Source data section start
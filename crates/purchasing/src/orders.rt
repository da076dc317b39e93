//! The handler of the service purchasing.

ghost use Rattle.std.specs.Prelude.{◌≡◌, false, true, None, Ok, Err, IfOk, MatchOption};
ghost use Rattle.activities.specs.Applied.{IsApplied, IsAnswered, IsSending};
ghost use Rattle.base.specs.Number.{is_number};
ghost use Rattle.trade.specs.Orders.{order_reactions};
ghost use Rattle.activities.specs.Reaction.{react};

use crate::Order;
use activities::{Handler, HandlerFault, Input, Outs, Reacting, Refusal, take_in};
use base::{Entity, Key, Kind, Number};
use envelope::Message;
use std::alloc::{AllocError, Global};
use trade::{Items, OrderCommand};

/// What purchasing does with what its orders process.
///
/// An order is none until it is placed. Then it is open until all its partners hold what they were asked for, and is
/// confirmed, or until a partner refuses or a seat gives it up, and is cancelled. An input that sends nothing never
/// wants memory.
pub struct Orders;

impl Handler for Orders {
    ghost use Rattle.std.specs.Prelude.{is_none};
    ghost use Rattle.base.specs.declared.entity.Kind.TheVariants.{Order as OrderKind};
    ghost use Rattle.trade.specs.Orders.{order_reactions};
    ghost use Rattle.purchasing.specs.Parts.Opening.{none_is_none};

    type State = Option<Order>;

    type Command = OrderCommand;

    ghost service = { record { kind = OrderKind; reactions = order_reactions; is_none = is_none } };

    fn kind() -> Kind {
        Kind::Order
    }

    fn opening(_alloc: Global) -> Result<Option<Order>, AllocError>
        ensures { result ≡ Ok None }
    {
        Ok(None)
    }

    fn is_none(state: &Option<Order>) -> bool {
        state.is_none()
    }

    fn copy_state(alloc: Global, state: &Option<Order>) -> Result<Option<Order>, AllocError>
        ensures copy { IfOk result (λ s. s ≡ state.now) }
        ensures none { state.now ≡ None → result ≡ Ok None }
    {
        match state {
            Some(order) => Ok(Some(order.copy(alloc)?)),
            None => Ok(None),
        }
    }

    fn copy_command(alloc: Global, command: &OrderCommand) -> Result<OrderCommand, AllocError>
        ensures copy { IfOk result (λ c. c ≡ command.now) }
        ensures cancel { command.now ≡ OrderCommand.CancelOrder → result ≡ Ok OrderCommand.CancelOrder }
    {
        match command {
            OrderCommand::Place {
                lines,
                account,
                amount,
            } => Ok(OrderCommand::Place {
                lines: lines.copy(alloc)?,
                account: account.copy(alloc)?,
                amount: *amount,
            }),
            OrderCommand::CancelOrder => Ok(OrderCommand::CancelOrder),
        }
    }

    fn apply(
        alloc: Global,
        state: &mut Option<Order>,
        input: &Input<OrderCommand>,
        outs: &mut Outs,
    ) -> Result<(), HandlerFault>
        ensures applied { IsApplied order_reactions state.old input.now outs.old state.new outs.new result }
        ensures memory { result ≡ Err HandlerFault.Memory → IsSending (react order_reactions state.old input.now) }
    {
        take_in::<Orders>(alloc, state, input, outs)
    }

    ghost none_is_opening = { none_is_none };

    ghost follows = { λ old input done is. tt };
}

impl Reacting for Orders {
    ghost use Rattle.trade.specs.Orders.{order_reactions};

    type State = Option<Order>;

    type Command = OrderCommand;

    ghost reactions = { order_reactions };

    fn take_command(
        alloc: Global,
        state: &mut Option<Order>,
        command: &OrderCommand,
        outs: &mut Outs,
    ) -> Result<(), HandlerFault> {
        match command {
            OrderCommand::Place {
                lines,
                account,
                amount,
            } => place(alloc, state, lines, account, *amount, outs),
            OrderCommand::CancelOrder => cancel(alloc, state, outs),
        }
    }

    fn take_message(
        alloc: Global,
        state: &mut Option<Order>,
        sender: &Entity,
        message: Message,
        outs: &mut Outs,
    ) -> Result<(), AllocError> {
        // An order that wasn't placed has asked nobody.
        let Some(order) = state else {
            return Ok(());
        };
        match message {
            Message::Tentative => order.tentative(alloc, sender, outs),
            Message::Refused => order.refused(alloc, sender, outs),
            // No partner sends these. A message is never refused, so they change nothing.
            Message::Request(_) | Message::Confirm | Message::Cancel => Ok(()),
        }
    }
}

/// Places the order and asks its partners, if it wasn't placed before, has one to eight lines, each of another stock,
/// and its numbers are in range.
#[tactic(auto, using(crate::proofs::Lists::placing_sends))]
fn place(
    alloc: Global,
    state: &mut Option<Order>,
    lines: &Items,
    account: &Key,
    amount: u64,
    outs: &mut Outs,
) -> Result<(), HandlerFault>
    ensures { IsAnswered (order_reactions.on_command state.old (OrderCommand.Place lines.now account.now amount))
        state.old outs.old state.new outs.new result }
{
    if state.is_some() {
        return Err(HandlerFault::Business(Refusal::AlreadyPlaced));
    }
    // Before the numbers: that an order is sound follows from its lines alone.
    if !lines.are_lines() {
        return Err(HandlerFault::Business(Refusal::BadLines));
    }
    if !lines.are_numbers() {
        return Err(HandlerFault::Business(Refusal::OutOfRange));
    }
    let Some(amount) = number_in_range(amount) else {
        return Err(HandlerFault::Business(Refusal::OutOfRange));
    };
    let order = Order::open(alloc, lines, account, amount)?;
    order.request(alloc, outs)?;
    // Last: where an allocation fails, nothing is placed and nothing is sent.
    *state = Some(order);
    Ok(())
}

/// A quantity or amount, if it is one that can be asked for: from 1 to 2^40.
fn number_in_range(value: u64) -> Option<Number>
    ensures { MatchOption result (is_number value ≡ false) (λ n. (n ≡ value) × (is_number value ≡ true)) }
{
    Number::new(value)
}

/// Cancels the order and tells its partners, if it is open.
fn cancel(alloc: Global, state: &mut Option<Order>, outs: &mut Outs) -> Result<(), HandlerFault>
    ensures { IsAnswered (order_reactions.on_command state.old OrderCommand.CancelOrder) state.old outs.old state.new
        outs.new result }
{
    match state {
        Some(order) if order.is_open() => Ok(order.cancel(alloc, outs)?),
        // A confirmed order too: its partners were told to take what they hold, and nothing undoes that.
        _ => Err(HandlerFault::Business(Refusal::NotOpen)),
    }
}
Source data section end
Assigned task => Return all lines from the data that include the string "follows".

Reply to the exercise =>
    ghost follows = { λ old input done is. tt };
    // Before the numbers: that an order is sound follows from its lines alone.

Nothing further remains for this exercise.